Please repeat, from the entries that follow, the lines from the one containing "OneMember) → Contains" through the one containing "pub fn put_member(&mut" exactly, adding nothing.

RECORDS TO USE below:

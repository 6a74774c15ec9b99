// The table of greatest accept numbers, worked out.
ghost use Rattle.std.specs.Prelude.{IfOk};
ghost use Rattle.tables.specs.Rows.{AcceptWorked};

use crate::judging::{LIMIT, Verdict, greatest, judge};
use crate::places::{Decimal, Places, Range, Units};
use crate::published::AcceptRow;
use crate::refusal::Refusal;
use crate::single::enclose;
use draws::rule::WithReplacement;
use sampling::chance::Ends;
use std::fmt;

const LOT: u32 = 1_000_000;

// A lot with so many bad items may pass at most 5% of the time.
const TOO_MANY: u32 = 1000;

const PLACES: Places = Places::Four;

// A row with the enclosures of the chance that the bad lot passes, at the accept number and at the next, that of a lot of the
// row's own quality, and what they say of the row.
#[derive(Clone, Copy)]
pub struct WorkedAccept {
    row: AcceptRow,
    at: Ends,
    next: Ends,
    greatest: Verdict,
    passing: Ends,
    pub verdict: Verdict,
}

// Holds the row against the chances of the bad lot and of its own.
pub fn work_accept(row: AcceptRow) -> Result<WorkedAccept, Refusal>
    ensures { IfOk result (λ worked. AcceptWorked row worked) }
{
    let rule = WithReplacement;
    let accept = row.accept as u32;
    let at = enclose(&rule, LOT, TOO_MANY, row.sample, accept)?;
    let next = enclose(&rule, LOT, TOO_MANY, row.sample, accept + 1)?;
    let passing = enclose(&rule, LOT, row.quality, row.sample, accept)?;
    let chosen = greatest(LIMIT, at, next);
    let probability = judge(PLACES.scale(), row.probability, passing);
    Ok(WorkedAccept {
        row,
        at,
        next,
        greatest: chosen,
        passing,
        verdict: chosen.and(probability),
    })
}

impl fmt::Display for WorkedAccept {
    fn fmt<W: fmt::Write>(&self, f: &mut fmt::Formatter<W>) -> fmt::Result {
        let AcceptRow {
            quality,
            sample,
            accept,
            probability,
        } = self.row;
        let published = Decimal {
            parts: probability as u128,
            places: PLACES,
        };
        let ours = Range {
            ends: self.passing,
            places: PLACES,
        };
        let passing = Units(self.passing);
        let verdict = self.verdict;
        write!(
            f,
            "{quality} per million, sample {sample}, accept {accept} "
        )?;
        self.write_greatest(f)?;
        write!(f, "probability {published}, ours {ours}; ")?;
        write!(f, "chance {passing}: {verdict}")
    }
}

impl WorkedAccept {
    fn write_greatest<W: fmt::Write>(&self, f: &mut fmt::Formatter<W>) -> fmt::Result {
        let shown = match self.greatest {
            Verdict::Agree => "greatest",
            Verdict::Differs => "not greatest",
            Verdict::Undecided => "not shown greatest",
        };
        let at = Units(self.at);
        let next = Units(self.next);
        write!(f, "{shown}, bad lot {at}, with one more {next}; ")
    }
}
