impl PoolRows {
    /// Pools without rows and without room. It takes no memory.
    pub fn new(alloc: Global) -> PoolRows
        ensures { result.pools ≡ empty_pools }
    {
        PoolRows {
            ranges: RowBook::new(alloc),
            members: RowBook::new(alloc),
            taken: Tree::new(alloc, Family::V6),
            next_range: 1,
            next_member: 1,
            spent: 0,
        }
    }

    /// The rows of these ranges and members, whose ids rise, with these next ids, and no item of the log spent. `Err` means out of memory, or
    /// more ranges or members than can be held.
    pub fn of(
        alloc: Global,
        ranges: Vec<NumberRange>,
        members: Vec<Member>,
        next_range: u32,
        next_member: u32,
    ) -> Result<PoolRows, AllocError>
        requires ranges { Rises range_id 0 ranges.items }
        requires members { Rises member_id 0 members.items }
        ensures pools { IfOk result (λ r. r.pools ≡ record { ranges = record { rows = ranges.items; next = next_range }; members = record { rows = members.items; next = next_member }; spent = 0 }) }
        ensures few { IfOk result (λ r. AreFew r.pools) }
    {
        match book_of(alloc, ranges) {
            Ok(ranges) => {
                let rows = PoolRows {
                    ranges,
                    members: RowBook::new(alloc),
                    taken: Tree::new(alloc, Family::V6),
                    next_range,
                    next_member,
                    spent: 0,
                };
                filled(rows, members)
            }
            Err(AllocError) => {
                drop(members);
                Err(AllocError)
            }
        }
    }

    /// Puts a member after all others, whose ids are lower. The next id and the log stay. It takes no memory.
    fn admit(&mut self, member: Member)
        requires below { AllBelow member_id member.id self.old.pools.members.rows }
        requires id { 1 ≤ member.id }
        requires room { 1 ≤ self.old.member_room }
        requires key_room { 1 ≤ self.old.key_room }
        ensures pools { self.new.pools ≡ record { ranges = self.old.pools.ranges; members = record { rows = with_row member_id self.old.pools.members.rows member; next = self.old.pools.members.next }; spent = self.old.pools.spent } }
        ensures room { self.old.member_room ≤ self.new.member_room + 1 }
        ensures key_room { self.old.key_room ≤ self.new.key_room + 1 }
    {
        let _len = self.members.len();
        let key = key_at(self.pool(member.range), member.number);
        self.taken.insert(key);
        self.members.put(member);
    }

    /// Puts members whose ids rise, if there are none. It takes no memory.
    fn admit_all(&mut self, members: Vec<Member>)
        requires rises { Rises member_id 0 members.items }
        requires empty { self.old.pools.members.rows ≡ [] }
        requires room { length members.items ≤ self.old.member_room }
        requires key_room { length members.items ≤ self.old.key_room }
        ensures { self.new.pools ≡ record { ranges = self.old.pools.ranges; members = record { rows = members.items; next = self.old.pools.members.next }; spent = self.old.pools.spent } }
    {
        let mut rest = members.into_iter();
        'row: while let Some(member) = rest.next() {
            self.admit(member);
        }
    }

    /// The ranges, in the order of their ids.
    pub fn ranges(&self) -> &[NumberRange]
        ensures { result.now ≡ self.now.pools.ranges.rows }
    {
        self.ranges.rows()
    }

    /// The members, in the order of their ids.
    pub fn members(&self) -> &[Member]
        ensures { result.now ≡ self.now.pools.members.rows }
    {
        self.members.rows()
    }

    /// How many members there are.
    pub fn member_count(&self) -> u32
        ensures count { result ≡ length self.now.pools.members.rows }
        ensures few { length self.now.pools.members.rows < 2 ^ 30 }
    {
        self.members.len()
    }

    /// The range of an id, of either kind.
    pub fn range(&self, id: u32) -> Option<&NumberRange>
        ensures { option_copied result ≡ row_at range_id self.now.pools.ranges.rows id }
    {
        self.ranges.get(id)
    }

    /// The member of an id, of a range of either kind.
    pub fn member(&self, id: u32) -> Option<&Member>
        ensures { option_copied result ≡ row_at member_id self.now.pools.members.rows id }
    {
        self.members.get(id)
    }

    /// The id of the range that is made next.
    pub fn next_range(&self) -> u32
        ensures { result ≡ self.now.pools.ranges.next }
    {
        self.next_range
    }

    /// The id of the member that is made next.
    pub fn next_member(&self) -> u32
        ensures { result ≡ self.now.pools.members.next }
    {
        self.next_member
    }

    /// How many items of the log are spent.
    pub fn spent(&self) -> u32
        ensures { result ≡ self.now.pools.spent }
    {
        self.spent
    }

    /// The tree of the numbers of all members.
    pub fn taken(&self) -> &Tree
        ensures keys { AreKeys self.now.pools.ranges.rows self.now.pools.members.rows result.now.blocks }
        ensures singles { AreSingles result.now.blocks }
        ensures family { result.now.family ≡ V6 }
    {
        &self.taken
    }

    /// The pool of the range of this id; without one, that id.
    pub fn pool(&self, id: u32) -> u32
        ensures { (m : OneMember) → m.range ≡ id → result ≡ pool_at self.now.pools.ranges.rows m }
    {
        match self.ranges.get(id) {
            Some(range) => pool_of(range),
            None => id,
        }
    }

    /// Whether a member holds this number of this pool.
    fn holds(&self, pool: u32, number: u32, member: &Member) -> bool
        ensures { result ≡ holds self.now.pools.ranges.rows pool number member.now }
    {
        if member.number == number {
            return self.pool(member.range) == pool;
        }
        false
    }

    /// The first member that holds a number of a pool, found by a look at all of them.
    fn held_by(&self, pool: u32, number: u32) -> Option<&Member>
        ensures { option_copied result ≡ find (holds self.now.pools.ranges.rows pool number) self.now.pools.members.rows }
    {
        self.members
            .rows()
            .iter()
            .find(|member| self.holds(pool, number, member))
    }

    /// The id of the member that holds a number of the pool of a range, if one does. The tree has the number if one does, so that the members
    /// are looked at for a number that is taken alone.
    pub fn holder(&self, range: &NumberRange, number: u32) -> Option<u32>
        ensures { result ≡ least member_id (holds self.now.pools.ranges.rows (pool_of_range range.now) number) self.now.pools.members.rows }
    {
        let pool = pool_of(range);
        if self.taken.times(key_at(pool, number)) == 0 {
            return None;
        }
        match self.held_by(pool, number) {
            Some(member) => Some(member.id),
            None => None,
        }
    }

    /// Makes room for one range more. `Err` means out of memory.
    pub fn reserve_range(&mut self) -> Result<(), AllocError>
        requires { length self.old.pools.ranges.rows + 1 < 2 ^ 30 }
        ensures pools { self.new.pools ≡ self.old.pools }
        ensures ok { OnOk result (1 ≤ self.new.range_room) }
    {
        self.ranges.reserve(1)
    }

    /// Makes room for so many members more. `Err` means out of memory.
    pub fn reserve_members(&mut self, n: u32) -> Result<(), AllocError>
        requires { length self.old.pools.members.rows + n < 2 ^ 30 }
        ensures pools { self.new.pools ≡ self.old.pools }
        ensures ok { OnOk result (n ≤ self.new.member_room) }
        ensures key_ok { OnOk result (n ≤ self.new.key_room) }
    {
        self.members.reserve(n)?;
        self.taken.reserve(n)
    }

    /// Puts a range, whose id is the next one, after all others. It takes no memory.
    pub fn put_range(&mut self, range: NumberRange)
        requires lawful { IsLawfulPools self.old.pools }
        requires room { 1 ≤ self.old.range_room }
        requires id { range.id ≡ self.old.pools.ranges.next }
        requires ids { self.old.pools.ranges.next + 1 ≤ last_next }
        requires log { self.old.pools.spent + 1 ≤ most_spent }
        ensures { self.new.pools ≡ with_range self.old.pools range }
    {
        self.ranges.put(range);
        self.next_range += 1;
        self.spent += 1;
    }

    /// Makes room for a range in the place of another. `Err` means out of memory, or as many ranges as can be held.
    pub fn reserve_range_edit(&mut self) -> Result<(), AllocError>
        ensures pools { self.new.pools ≡ self.old.pools }
        ensures ok { OnOk result (1 ≤ self.new.range_room) }
    {
        if self.ranges.len() as usize >= MOST_HELD {
            return Err(AllocError);
        }
        self.ranges.reserve(1)
    }

    /// Makes room for a member in the place of another. `Err` means out of memory, or as many members as can be held.
    pub fn reserve_member_edit(&mut self) -> Result<(), AllocError>
        ensures pools { self.new.pools ≡ self.old.pools }
        ensures ok { OnOk result (1 ≤ self.new.member_room) }
    {
        if self.members.len() as usize >= MOST_HELD {
            return Err(AllocError);
        }
        self.members.reserve(1)
    }

    /// Puts a range in the place of the one of its id, which is of its kind. It takes no memory.
    pub fn edit_range(&mut self, range: NumberRange)
        requires keeps { KeepsItsKind self.old.pools range }
        requires id { 1 ≤ range.id }
        requires room { 1 ≤ self.old.range_room }
        requires log { self.old.pools.spent + 1 ≤ most_spent }
        ensures { self.new.pools ≡ with_edited_range self.old.pools range }
    {
        self.ranges.put(range);
        self.spent += 1;
    }

    /// Puts a member in the place of the one of its id, which is of its range and has its number. It takes no memory.
    pub fn edit_member(&mut self, member: Member)
        requires keeps { KeepsItsNumber self.old.pools member }
        requires id { 1 ≤ member.id }
        requires room { 1 ≤ self.old.member_room }
        requires log { self.old.pools.spent + 1 ≤ most_spent }
        ensures { self.new.pools ≡ with_edited_member self.old.pools member }
    {
        self.members.put(member);
        self.spent += 1;
    }

    /// Takes the range of an id out, of which there are no members. It takes no memory, and leaves all room.
    pub fn cut_range(&mut self, id: u32)
        requires unused { (m : OneMember) → Contains self.old.pools.members.rows m → m.range ≢ id }
        requires log { self.old.pools.spent + 1 ≤ most_spent }
        ensures { self.new.pools ≡ without_range self.old.pools id }
    {
        self.ranges.cut(id);
        self.spent += 1;
    }

    /// Puts a member, whose id is the next one, after all others. It takes no memory.
    pub fn put_member(&mut self, member: Member)
        requires numbered { AreNumbered member_id self.old.pools.members }
        requires room { 1 ≤ self.old.member_room }
        requires key_room { 1 ≤ self.old.key_room }
        requires id { member.id ≡ self.old.pools.members.next }
        requires ids { self.old.pools.members.next + 1 ≤ last_next }
        requires log { self.old.pools.spent + 1 ≤ most_spent }
        ensures pools { self.new.pools ≡ with_member self.old.pools member }
        ensures room { self.old.member_room ≤ self.new.member_room + 1 }
        ensures key_room { self.old.key_room ≤ self.new.key_room + 1 }
    {
        let _len = self.members.len();
        let key = key_at(self.pool(member.range), member.number);
        self.taken.insert(key);
        self.members.put(member);
        self.next_member += 1;
        self.spent += 1;
    }

    /// Takes the member of an id out, if there is one. It takes no memory, and leaves all room.
    pub fn cut_member(&mut self, id: u32)
        requires log { self.old.pools.spent + 1 ≤ most_spent }
        ensures { self.new.pools ≡ without_member self.old.pools id }
    {
        let _rows = self.members.rows();
        let key = match self.members.get(id) {
            Some(member) => key_at(self.pool(member.range), member.number),
            None => {
                self.spent += 1;
                return;
            }
        };
        self.taken.remove(key);
        self.members.cut(id);
        self.spent += 1;
    }
}
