//! What a node said of its group, as plain data.

use ballot_law::{Addr, Name, NoMemory, RunId};
use std::alloc::{AllocError, AllocFailed};

/// Why a node has said nothing.
#[derive(Clone, Copy, PartialEq, Eq)]
pub(crate) enum Trouble {
    /// No connection stands: nothing listens there, or the network is down.
    Unreached,
    /// A connection stood, and the answers hadn't come after two seconds.
    Silent,
    /// The node ended the connection before its answers were whole.
    Closed,
    /// It wants a password, and none is known.
    WantsPassword,
    /// It refuses the user or the password.
    WrongPassword,
    /// It doesn't let the user ask this.
    NoRights,
    /// Its protected mode keeps other machines out.
    Protected,
    /// It has as many clients as it lets in.
    Full,
    /// It answers, but is no Sentinel.
    NoSentinel,
    /// What it answers can't be read.
    Garbage,
}

/// Why what a node answered isn't taken.
#[derive(Clone, Copy)]
pub(crate) enum Unsaid {
    Trouble(Trouble),
    NoMemory,
}

impl From<NoMemory> for Unsaid {
    fn from(_error: NoMemory) -> Unsaid {
        Unsaid::NoMemory
    }
}

impl From<AllocError> for Unsaid {
    fn from(_error: AllocError) -> Unsaid {
        Unsaid::NoMemory
    }
}

impl<T: Drop> From<AllocFailed<T>> for Unsaid {
    fn from(_error: AllocFailed<T>) -> Unsaid {
        Unsaid::NoMemory
    }
}

/// What a Sentinel says of the quorum for a master: `reached` where it can be had and a failover be authorized, and how
/// many Sentinels are usable, itself among them.
#[derive(Clone, Copy)]
pub(crate) struct Quorum {
    pub(crate) reached: bool,
    pub(crate) usable: u64,
}

/// What a Sentinel says of a replica: its address, and whether the Sentinel finds it down.
#[derive(Clone, Copy)]
pub(crate) struct ReplicaSaid {
    pub(crate) addr: Addr,
    pub(crate) down: bool,
}

/// What a Sentinel says of another one: whether it finds it down, and the last vote that it heard of it, with its
/// epoch; 0 where it heard none.
#[derive(Clone, Copy)]
pub(crate) struct PeerSaid {
    pub(crate) id: RunId,
    pub(crate) addr: Addr,
    pub(crate) down: bool,
    pub(crate) vote: Option<RunId>,
    pub(crate) vote_epoch: u64,
}

/// What a Sentinel says of a master: its address and the epoch of that configuration, whether the Sentinel finds it
/// down, alone or with enough others, and whether it runs a failover.
#[derive(Drop)]
pub(crate) struct MasterSaid {
    pub(crate) name: Name,
    pub(crate) addr: Addr,
    pub(crate) epoch: u64,
    pub(crate) down: bool,
    pub(crate) objectively: bool,
    pub(crate) fails_over: bool,
    pub(crate) quorum: Quorum,
    pub(crate) replicas: Vec<ReplicaSaid>,
    pub(crate) sentinels: Vec<PeerSaid>,
}

impl MasterSaid {
    /// What it says of the replica at this address.
    pub(crate) fn replica_at(&self, addr: Addr) -> Option<ReplicaSaid> {
        for replica in &self.replicas {
            if replica.addr == addr {
                return Some(*replica);
            }
        }
        None
    }

    /// What it says of the Sentinel with this run id.
    pub(crate) fn peer(&self, id: RunId) -> Option<PeerSaid> {
        for peer in &self.sentinels {
            if peer.id == id {
                return Some(*peer);
            }
        }
        None
    }
}

/// What a Sentinel said: its run id, whether it is in TILT (none where it doesn't tell), and of each master.
#[derive(Drop)]
pub(crate) struct SentinelSaid {
    pub(crate) id: RunId,
    pub(crate) tilt: Option<bool>,
    pub(crate) masters: Vec<MasterSaid>,
}

impl SentinelSaid {
    /// What it says of the master of this name.
    pub(crate) fn master(&self, name: &Name) -> Option<&MasterSaid> {
        for said in &self.masters {
            if said.name == *name {
                return Some(said);
            }
        }
        None
    }
}

/// What a data node said by INFO. `follows`, `link_up` and `priority` are a replica's; `follows` is none where it knows
/// its master by a name. `offset` counts bytes of the master's stream. `link_down_s` is for how many seconds the link
/// has been down; 0 where it isn't, or where the node doesn't tell.
#[derive(Clone, Copy)]
pub(crate) struct NodeSaid {
    pub(crate) is_master: bool,
    pub(crate) loads: bool,
    pub(crate) announced: bool,
    pub(crate) follows: Option<Addr>,
    pub(crate) link_up: bool,
    pub(crate) link_down_s: u64,
    pub(crate) priority: u64,
    pub(crate) offset: u64,
}
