//! What the rows of a Sentinel's answers say.

use crate::infos_read::tilt_of;
use crate::said::{MasterSaid, PeerSaid, Quorum, ReplicaSaid, SentinelSaid, Trouble, Unsaid};
use ballot_law::{Addr, Name, is_same_bytes};
use resp2::{Value, word_of};
use std::alloc::Global;
use tokens::{address_of, number_of, run_id_of, split_at_byte};

/// What is told where an answer can't be read.
const UNREAD: Unsaid = Unsaid::Trouble(Trouble::Garbage);

/// The items of an array.
fn items_of(value: &Value) -> Result<&[Value], Unsaid> {
    match value {
        Value::Items(items) => Ok(items.as_slice()),
        _ => Err(UNREAD),
    }
}

/// The value behind the field's name in a row; nothing where the field isn't there.
fn field<'a>(row: &'a [Value], name: &[u8]) -> &'a [u8] {
    let mut rest = row;
    while let [key, value, more @ ..] = rest {
        if is_same_bytes(word_of(key), name) {
            return word_of(value);
        }
        rest = more;
    }
    &[]
}

/// Whether the row's flags have this word.
fn has_flag(row: &[Value], word: &[u8]) -> bool {
    let mut rest = field(row, b"flags");
    while let Some((first, more)) = split_at_byte(rest, b',') {
        if is_same_bytes(first, word) {
            return true;
        }
        rest = more;
    }
    is_same_bytes(rest, word)
}

/// The address of a row.
fn row_addr(row: &[Value]) -> Result<Addr, Unsaid> {
    match address_of(field(row, b"ip"), field(row, b"port")) {
        Some(addr) => Ok(addr),
        None => Err(UNREAD),
    }
}

/// The number in a field of a row, or 0.
fn row_number(row: &[Value], name: &[u8]) -> u64 {
    number_of(field(row, name), 0, u64::MAX).unwrap_or(0)
}

/// The name of a master's row.
pub(crate) fn row_name(row: &Value) -> Result<Name, Unsaid> {
    match Name::from_slice(field(items_of(row)?, b"name")) {
        Some(name) => Ok(name),
        None => Err(UNREAD),
    }
}

/// What a Sentinel says of its replicas.
fn replicas_said(alloc: Global, rows: &Value) -> Result<Vec<ReplicaSaid>, Unsaid> {
    let mut replicas = Vec::new(alloc);
    for row in items_of(rows)? {
        let row = items_of(row)?;
        let down = has_flag(row, b"s_down");
        replicas.push(ReplicaSaid {
            addr: row_addr(row)?,
            down,
        })?;
    }
    Ok(replicas)
}

/// What a Sentinel says of the others.
fn peers_said(alloc: Global, rows: &Value) -> Result<Vec<PeerSaid>, Unsaid> {
    let mut peers = Vec::new(alloc);
    for row in items_of(rows)? {
        let row = items_of(row)?;
        let Some(id) = run_id_of(field(row, b"runid")) else {
            return Err(UNREAD);
        };
        peers.push(PeerSaid {
            id,
            addr: row_addr(row)?,
            down: has_flag(row, b"s_down"),
            vote: run_id_of(field(row, b"voted-leader")),
            vote_epoch: row_number(row, b"voted-leader-epoch"),
        })?;
    }
    Ok(peers)
}

/// What the answer to CKQUORUM says: how many are usable is its first number.
fn quorum_said(answer: &Value) -> Quorum {
    let (reached, text): (bool, &[u8]) = match answer {
        Value::Simple(text) => (true, text.as_slice()),
        Value::Fault(text) => (false, text.as_slice()),
        _ => (false, &[]),
    };
    let usable = match split_at_byte(text, b' ') {
        Some((_, rest)) => split_at_byte(rest, b' ').map_or(0, |(number, _)| {
            number_of(number, 0, u64::MAX).unwrap_or(0)
        }),
        None => 0,
    };
    Quorum { reached, usable }
}

/// What a Sentinel says of a master: its row, its replicas, the other Sentinels and the quorum.
fn master_said(alloc: Global, row: &Value, answers: [&Value; 3]) -> Result<MasterSaid, Unsaid> {
    let [replicas, sentinels, quorum] = answers;
    let name = row_name(row)?;
    let row = items_of(row)?;
    Ok(MasterSaid {
        name,
        addr: row_addr(row)?,
        epoch: row_number(row, b"config-epoch"),
        down: has_flag(row, b"s_down"),
        objectively: has_flag(row, b"o_down"),
        fails_over: has_flag(row, b"failover_in_progress"),
        quorum: quorum_said(quorum),
        replicas: replicas_said(alloc, replicas)?,
        sentinels: peers_said(alloc, sentinels)?,
    })
}

/// What a Sentinel said by its answers to MYID, INFO and MASTERS, and then for each master to REPLICAS, SENTINELS and
/// CKQUORUM.
pub(crate) fn sentinel_said(alloc: Global, answers: &[Value]) -> Result<SentinelSaid, Unsaid> {
    let [id, info, rows, more @ ..] = answers else {
        return Err(UNREAD);
    };
    let Some(id) = run_id_of(word_of(id)) else {
        return Err(Unsaid::Trouble(Trouble::NoSentinel));
    };
    let mut masters = Vec::new(alloc);
    let mut rest = more;
    for row in items_of(rows)? {
        let [replicas, sentinels, quorum, later @ ..] = rest else {
            return Err(UNREAD);
        };
        masters.push(master_said(alloc, row, [replicas, sentinels, quorum])?)?;
        rest = later;
    }
    Ok(SentinelSaid {
        id,
        tilt: tilt_of(info),
        masters,
    })
}

/// The names of the masters of which a Sentinel's answer to MASTERS tells.
pub(crate) fn names_told(alloc: Global, rows: &Value) -> Result<Vec<Name>, Unsaid> {
    let mut names = Vec::new(alloc);
    for row in items_of(rows)? {
        names.push(row_name(row)?)?;
    }
    Ok(names)
}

End of RECORDS TO USE.

# WRITTEN ANSWER
        requires unused { (m : OneMember) → Contains self.old.pools.members.rows m → m.range ≢ id }
        requires log { self.old.pools.spent + 1 ≤ most_spent }
        ensures { self.new.pools ≡ without_range self.old.pools id }
    {
        self.ranges.cut(id);
        self.spent += 1;
    }

    /// Puts a member, whose id is the next one, after all others. It takes no memory.
    pub fn put_member(&mut self, member: Member)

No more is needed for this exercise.